Segment Start: SUPPLIED MATERIAL

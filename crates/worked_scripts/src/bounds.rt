// A script at its limit of bytes.
ghost use Rattle.std.specs.Prelude.{◌<◌};

use crate::checks::same;
use crate::outcomes::{FIRST, outcome_within, start};
use script_places::Mode;
use std::alloc::Global;
use std::process::Abort;
use std::test::Fail;

/// Lines that end behind 13, 19 and 25 bytes.
const THREE: &str = "catalog bank\nend 1\nend 2\n";

/// The most bytes of the script, and what it comes to.
const SIZES: [(u64, &str); 7] = [
    (0, "refused 1 size\n"),
    (12, "refused 1 size\n"),
    (13, "nothing refused 2 size\n"),
    (18, "nothing refused 2 size\n"),
    (19, "nothing run refused 3 size\n"),
    (24, "nothing run refused 3 size\n"),
    (25, "nothing run refused 3 gap 2 1\n"),
];

fn within(
    rt: &impl Abort,
    alloc: Global,
    limit: u64,
    piece: usize,
    wanted: &str,
) -> Result<(), Fail>
    requires { 0 < piece }
{
    let echo = start(alloc, Mode::Once, FIRST)?;
    let found = outcome_within(alloc, limit, echo, THREE.as_bytes(), piece)?;
    same(rt, "a bound of bytes", &found, wanted);
    Ok(())
}

#[test]
fn bytes_of_a_script(rt: HostRuntime) -> Result<(), Fail> {
    let alloc = rt.alloc();
    for (limit, wanted) in SIZES {
        within(&rt, alloc, limit, 1, wanted)?;
        within(&rt, alloc, limit, 7, wanted)?;
    }
    Ok(())
}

Segment End: SUPPLIED MATERIAL

§ **PROBLEM DESCRIPTION**: The listing is to be retyped in full, exactly as shown.

§ **ANSWER FOR THE TASK**:
filename crates/worked_scripts/src/bounds.rt
// A script at its limit of bytes.
ghost use Rattle.std.specs.Prelude.{◌<◌};

use crate::checks::same;
use crate::outcomes::{FIRST, outcome_within, start};
use script_places::Mode;
use std::alloc::Global;
use std::process::Abort;
use std::test::Fail;

/// Lines that end behind 13, 19 and 25 bytes.
const THREE: &str = "catalog bank\nend 1\nend 2\n";

/// The most bytes of the script, and what it comes to.
const SIZES: [(u64, &str); 7] = [
    (0, "refused 1 size\n"),
    (12, "refused 1 size\n"),
    (13, "nothing refused 2 size\n"),
    (18, "nothing refused 2 size\n"),
    (19, "nothing run refused 3 size\n"),
    (24, "nothing run refused 3 size\n"),
    (25, "nothing run refused 3 gap 2 1\n"),
];

fn within(
    rt: &impl Abort,
    alloc: Global,
    limit: u64,
    piece: usize,
    wanted: &str,
) -> Result<(), Fail>
    requires { 0 < piece }
{
    let echo = start(alloc, Mode::Once, FIRST)?;
    let found = outcome_within(alloc, limit, echo, THREE.as_bytes(), piece)?;
    same(rt, "a bound of bytes", &found, wanted);
    Ok(())
}

#[test]
fn bytes_of_a_script(rt: HostRuntime) -> Result<(), Fail> {
    let alloc = rt.alloc();
    for (limit, wanted) in SIZES {
        within(&rt, alloc, limit, 1, wanted)?;
        within(&rt, alloc, limit, 7, wanted)?;
    }
    Ok(())
}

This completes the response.